(1889–1963)
Louis Ritman was born in Russia in 1889 and immigrated to the United States with his family around 1900. They settled in Chicago, where he almost immediately began studying art, and he worked as an illustrator beginning in 1903. He studied at the School of the Art Institute of Chicago from 1905 to 1906 and at the Chicago Academy of Fine Arts from 1906 to 1908, where he met Lawton Parker, the Impressionist who would eventually support and influence Ritman’s art. In 1910 Ritman studied in Paris at the Ecole des Beaux-Arts with Adolphe Déchenaud and at the Académie Julian with Jean-Paul Laurens and Tony Robert-Fleury.

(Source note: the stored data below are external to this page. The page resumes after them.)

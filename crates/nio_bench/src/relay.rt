//! Bytes through one direction: read from one buffer, written into another.
use anyhow::ensure;
use nio_relay::{CAPACITY, Direction};
use std::alloc::Global;
use std::rt::Runtime;
use std::time::Instant;

/// How many times a buffer of 16,384 bytes makes a gibibyte.
const GIBIBYTE_TURNS: u32 = 65_536;

/// Passes a gibibyte, and prints how long it took.
pub fn measure<R: Runtime<A = Global>>(rt: &R) -> anyhow::Result<()> {
    let start = Instant::now(rt)?;
    run(rt, GIBIBYTE_TURNS)?;
    println!(rt; "relay {}", start.elapsed(rt)?.as_nanos())?;
    Ok(())
}

/// Passes a buffer so many times, and sees that it came out whole.
pub fn run(rt: &impl Alloc<A = Global>, turns: u32) -> anyhow::Result<()> {
    let source = [7; CAPACITY].to_vec(rt.alloc())?;
    let mut sink = [0; CAPACITY].to_vec(rt.alloc())?;
    let mut direction = Direction::make(rt.alloc())?;
    for _ in 0..turns {
        pass(&mut direction, &source, &mut sink);
    }
    ensure!(direction.room() == CAPACITY, "bytes are left behind");
    ensure!(sink == source, "other bytes came out");
    Ok(())
}

/// Reads what there is room for, and writes all that is buffered, which lies in two pieces at most.
fn pass(direction: &mut Direction, source: &[u8], sink: &mut [u8]) {
    if direction.want().read {
        let count = source.len().min(direction.room());
        direction.on_read(&source[..count]);
    }
    let mut sink = sink;
    for _ in 0..2 {
        let front = direction.front();
        let count = front.len().min(sink.len());
        let (place, rest) = sink.split_at_mut(count);
        place.copy_from_slice(&front[..count]);
        direction.on_written(count);
        sink = rest;
    }
}
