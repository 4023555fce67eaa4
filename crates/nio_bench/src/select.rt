//! Selections that don't wait, by one caller in one thread, where some of the indexes that were ever claimed have a
//! key: without the selector's list, and by it; and the calls that touch an index.
ghost use Rattle.std.specs.Prelude.{IfOk};
ghost use Rattle.nio_select.specs.InProgress.{MaySelect};
ghost use Rattle.nio_words.specs.Views.{view};
ghost use Rattle.nio_bench.specs.SetUp.{IsIdle, StaysIdle};

use crate::channels::{ME, S, set_up};
use anyhow::{bail, ensure};
use nio_base::{Kind, Limits, Ops};
use nio_channel::{open_channel, try_register, try_set_blocking};
use nio_keys::{cancel, find, set_interest, unselect};
use nio_select::{After, Mode, Selector, Told, try_begin};
use nio_words::{Pass, Words};
use std::alloc::Global;
use std::rt::Runtime;
use std::time::{Duration, Instant};

/// How many indexes are claimed, how many of them keep their key, and how far apart those are.
#[derive(Clone, Copy)]
pub struct Load {
    pub indexes: u32,
    pub live: u32,
    pub every: u32,
}

const FEW: Load = Load {
    indexes: 64,
    live: 64,
    every: 1,
};

/// Each index that was ever claimed has a key.
pub const MANY: Load = Load {
    indexes: 1_000,
    live: 1_000,
    every: 1,
};

const SPARSE: Load = Load {
    indexes: 262_144,
    live: 1_000,
    every: 262,
};

/// As many keys as a server with so many connections has.
const MOST: Load = Load {
    indexes: 18_000,
    live: 18_000,
    every: 1,
};

/// How long a selection takes at least.
#[derive(Clone, Copy)]
pub struct Least {
    /// No key is ready.
    idle: Duration,
    /// Each key is ready, and none is selected.
    ready: Duration,
}

/// How long the calls on all keys take that touch their indexes.
#[derive(Clone, Copy)]
pub struct Touching {
    /// Finding a key and setting its interest.
    set_interest: Duration,
    /// Finding a key and cancelling it.
    cancel: Duration,
}

/// Prints the nanoseconds that a selection takes at least, for each load, without the list and by it; and those of the
/// calls that touch an index.
pub fn measure<R: Runtime<A = Global>>(rt: &R) -> anyhow::Result<()> {
    measure_load(rt, "few", FEW, 20_000)?;
    measure_load(rt, "many", MANY, 2_000)?;
    measure_load(rt, "sparse", SPARSE, 500)?;
    measure_by_list(rt, "few_by_list", FEW, 20_000)?;
    measure_by_list(rt, "many_by_list", MANY, 2_000)?;
    measure_by_list(rt, "most_by_list", MOST, 500)?;
    let touching = touch_all(rt, MOST)?;
    println!(rt;
        "calls {} set_interest {} cancel {}",
        MOST.live,
        touching.set_interest.as_nanos(),
        touching.cancel.as_nanos()
    )?;
    Ok(())
}

fn measure_load<R: Runtime<A = Global>>(
    rt: &R,
    name: &str,
    load: Load,
    rounds: u32,
) -> anyhow::Result<()> {
    let least = run(rt, load, rounds)?;
    println!(rt;
        "{} idle {} ready {}",
        name,
        least.idle.as_nanos(),
        least.ready.as_nanos()
    )?;
    Ok(())
}

fn measure_by_list<R: Runtime<A = Global>>(
    rt: &R,
    name: &str,
    load: Load,
    rounds: u32,
) -> anyhow::Result<()> {
    let least = run_by_list(rt, load, rounds)?;
    println!(rt;
        "{} idle {} ready {}",
        name,
        least.idle.as_nanos(),
        least.ready.as_nanos()
    )?;
    Ok(())
}

/// Makes so many selections of each kind.
pub fn run<R: Runtime<A = Global>>(rt: &R, load: Load, rounds: u32) -> anyhow::Result<Least> {
    let (words, mut p, all_ready) = claimed(rt, load)?;
    let none_ready = Told {
        pairs: Vec::new(rt.alloc()),
        elapsed: false,
    };
    select(rt, &words, &mut p, &none_ready)?;
    let idle = selections(rt, &words, &mut p, &none_ready, rounds)?;
    let ready = selections(rt, &words, &mut p, &all_ready, rounds)?;
    Ok(Least { idle, ready })
}

/// The same by the list. The first selection, which isn't timed, looks at all keys.
pub fn run_by_list<R: Runtime<A = Global>>(
    rt: &R,
    load: Load,
    rounds: u32,
) -> anyhow::Result<Least> {
    let (words, mut p, all_ready) = claimed(rt, load)?;
    let mut selector = Selector::take(rt.alloc(), &words, &mut p, ME, S);
    let none_ready = Told {
        pairs: Vec::new(rt.alloc()),
        elapsed: false,
    };
    select_by_list(rt, &words, &mut p, &mut selector, &none_ready)?;
    let idle = selections_by_list(rt, &words, &mut p, &mut selector, &none_ready, rounds)?;
    let ready = selections_by_list(rt, &words, &mut p, &mut selector, &all_ready, rounds)?;
    ensure!(selector.has_list(), "the list is lost");
    Ok(Least { idle, ready })
}

/// Sets the interest of each key of this load, and cancels it.
pub fn touch_all<R: Runtime<A = Global>>(rt: &R, load: Load) -> anyhow::Result<Touching> {
    let (words, mut p, _) = claimed(rt, load)?;
    let start = Instant::now(rt)?;
    for index in 0..load.indexes {
        set_key(&words, &mut p, index)?;
    }
    let set_interest = start.elapsed(rt)?;
    for index in 0..load.indexes {
        cancel_key(&words, &mut p, index)?;
    }
    let both = start.elapsed(rt)?;
    Ok(Touching {
        set_interest,
        cancel: both.saturating_sub(set_interest),
    })
}

/// A new table with this load, and what a poller tells there where each key that is kept is ready.
pub fn claimed(rt: &impl Alloc<A = Global>, load: Load) -> anyhow::Result<(Words, Pass, Told)>
    ensures { IfOk result (λ made. IsIdle made.0 made.1 ME S) }
{
    let limits = Limits {
        callers: 1,
        selectors: 1,
        channels: load.indexes,
        keys: load.indexes,
    };
    ensure!(limits.fits(), "no table has these limits");
    let (words, mut p) = Words::make(rt.alloc(), limits)?;
    words.draw(&mut p, ME)?;
    set_up(&words, &mut p);
    let all_ready = claim(rt, &words, &mut p, load)?;
    Ok((words, p, all_ready))
}

/// Gives each index a key, and cancels those that aren't kept. Answers what a poller tells where each key that is kept
/// is ready.
fn claim(
    rt: &impl Alloc<A = Global>,
    words: &Words,
    p: &mut Pass,
    load: Load,
) -> anyhow::Result<Told>
    requires { IsIdle words.now p.old ME S }
    ensures { IfOk result (λ _. IsIdle words.now p.new ME S) }
{
    for _ in 0..load.indexes {
        register(words, p)?;
    }
    let mut pairs = Vec::new(rt.alloc());
    let mut next = 0;
    for index in 0..load.indexes {
        if index == next && pairs.len() < load.live as usize {
            pairs.push((index, Ops::READ))?;
            next = next.saturating_add(load.every);
        } else {
            cancel_key(words, p, index)?;
        }
    }
    ensure!(pairs.len() == load.live as usize, "a key is missing");
    Ok(Told {
        pairs,
        elapsed: false,
    })
}

/// Opens a channel, and registers it for reading.
fn register(words: &Words, p: &mut Pass) -> anyhow::Result<()>
    requires { IsIdle words.now p.old ME S }
    ensures { IfOk result (λ _. IsIdle words.now p.new ME S) }
{
    let chan = open_channel(words, p, ME, Kind::Source)?;
    try_set_blocking(words, p, ME, chan, false)?;
    try_register(words, p, ME, S, chan, Ops::READ, 0)?;
    Ok(())
}

fn cancel_key(words: &Words, p: &mut Pass, index: u32) -> anyhow::Result<()>
    requires { IsIdle words.now p.old ME S }
    ensures { IfOk result (λ _. IsIdle words.now p.new ME S) }
{
    match find(words, p, ME, S, index, 0) {
        Some(key) => {
            cancel(words, p, ME, key);
            Ok(())
        }
        None => bail!("an index has no key"),
    }
}

fn set_key(words: &Words, p: &mut Pass, index: u32) -> anyhow::Result<()>
    requires { IsIdle words.now p.old ME S }
    ensures { IfOk result (λ _. IsIdle words.now p.new ME S) }
{
    match find(words, p, ME, S, index, 0) {
        Some(key) => Ok(set_interest(words, p, ME, key, Ops::NONE)?),
        None => bail!("an index has no key"),
    }
}

fn unselect_key(words: &Words, p: &mut Pass, index: u32) -> anyhow::Result<()>
    requires { IsIdle words.now p.old ME S }
    ensures { IfOk result (λ _. StaysIdle words.now p.old p.new ME S) }
{
    match find(words, p, ME, S, index, 0) {
        Some(key) => {
            unselect(words, p, ME, key);
            Ok(())
        }
        None => bail!("an index has no key"),
    }
}

/// How long a selection takes at least that is told this, of so many. After each the keys are taken out of the
/// selected set.
fn selections<R: Runtime<A = Global>>(
    rt: &R,
    words: &Words,
    p: &mut Pass,
    told: &Told,
    rounds: u32,
) -> anyhow::Result<Duration>
    requires { IsIdle words.now p.old ME S }
    ensures { IfOk result (λ _. IsIdle words.now p.new ME S) }
{
    let mut least = Duration::MAX;
    for _ in 0..rounds {
        let start = Instant::now(rt)?;
        let count = select(rt, words, p, told)?;
        least = least.min(start.elapsed(rt)?);
        ensure!(count as usize == told.pairs.len(), "a key isn't marked");
        for (index, _) in &told.pairs {
            unselect_key(words, p, *index)?;
        }
    }
    Ok(least)
}

/// A selection that doesn't wait and is told this. Answers how many keys were marked.
pub fn select(
    rt: &impl Alloc<A = Global>,
    words: &Words,
    p: &mut Pass,
    told: &Told,
) -> anyhow::Result<u32>
    requires { IsIdle words.now p.old ME S }
    ensures { IfOk result (λ _. StaysIdle words.now p.old p.new ME S) }
{
    let selection = try_begin(rt.alloc(), words, p, ME, S, Mode::Now)?;
    match selection.told(words, p, ME, told) {
        After::Done(answer, _list) => Ok(answer.count),
        After::Again(selection) => {
            selection.leave(words, p, ME);
            bail!("the selection waits")
        }
    }
}

/// How long a selection by the list takes at least that is told this, of so many. After each the keys are taken out of
/// the selected set.
fn selections_by_list<R: Runtime<A = Global>>(
    rt: &R,
    words: &Words,
    p: &mut Pass,
    selector: &mut Selector,
    told: &Told,
    rounds: u32,
) -> anyhow::Result<Duration>
    requires idle { IsIdle words.now p.old ME S }
    requires may { MaySelect (view words.now p.old) ME selector.old }
    ensures idle { IfOk result (λ _. IsIdle words.now p.new ME S) }
    ensures may { IfOk result (λ _. MaySelect (view words.now p.new) ME selector.new) }
{
    let mut least = Duration::MAX;
    for _ in 0..rounds {
        let start = Instant::now(rt)?;
        let count = select_by_list(rt, words, p, selector, told)?;
        least = least.min(start.elapsed(rt)?);
        ensure!(count as usize == told.pairs.len(), "a key isn't marked");
        for (index, _) in &told.pairs {
            unselect_key(words, p, *index)?;
        }
    }
    Ok(least)
}

/// A selection by the list that doesn't wait and is told this. Answers how many keys were marked.
fn select_by_list(
    rt: &impl Alloc<A = Global>,
    words: &Words,
    p: &mut Pass,
    selector: &mut Selector,
    told: &Told,
) -> anyhow::Result<u32>
    requires idle { IsIdle words.now p.old ME S }
    requires may { MaySelect (view words.now p.old) ME selector.old }
    ensures idle { IfOk result (λ _. IsIdle words.now p.new ME S) }
    ensures may { IfOk result (λ _. MaySelect (view words.now p.new) ME selector.new) }
{
    let selection = selector.begin(rt.alloc(), words, p, ME, Mode::Now)?;
    match selection.told(words, p, ME, told) {
        After::Done(answer, list) => {
            selector.give_back(list);
            Ok(answer.count)
        }
        After::Again(selection) => {
            selection.leave(words, p, ME);
            bail!("the selection waits")
        }
    }
}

He exhibited his work at the Paris Salon and met Frederick Frieseke and Richard Miller.
He first visited Giverny, the home of Claude Monet and the site of an American Impressionist art colony, in 1911. While his Salon pictures had exhibited the conservative academic style that he had mastered at the Ecole des Beaux-Arts, Ritman began to adopt the intimate scenes favored by the Giverny circle of American artists, and he embraced their Impressionist aesthetic at Giverny in the summer of 1912. He rapidly developed his own style, in which he synthesized his extensive training in figure painting with his love of color and his interest in capturing light effects and atmosphere.
By 1916 Ritman was maintaining a studio at Giverny in the summer and one in Paris during the winter, all the while building his reputation by selling his work and garnering prizes and one-man exhibitions in Europe and in the United States.
Ritman remained a resident of France until 1930, when he returned to the United States for good. He taught figure painting at the Art Institute of Chicago for thirty years.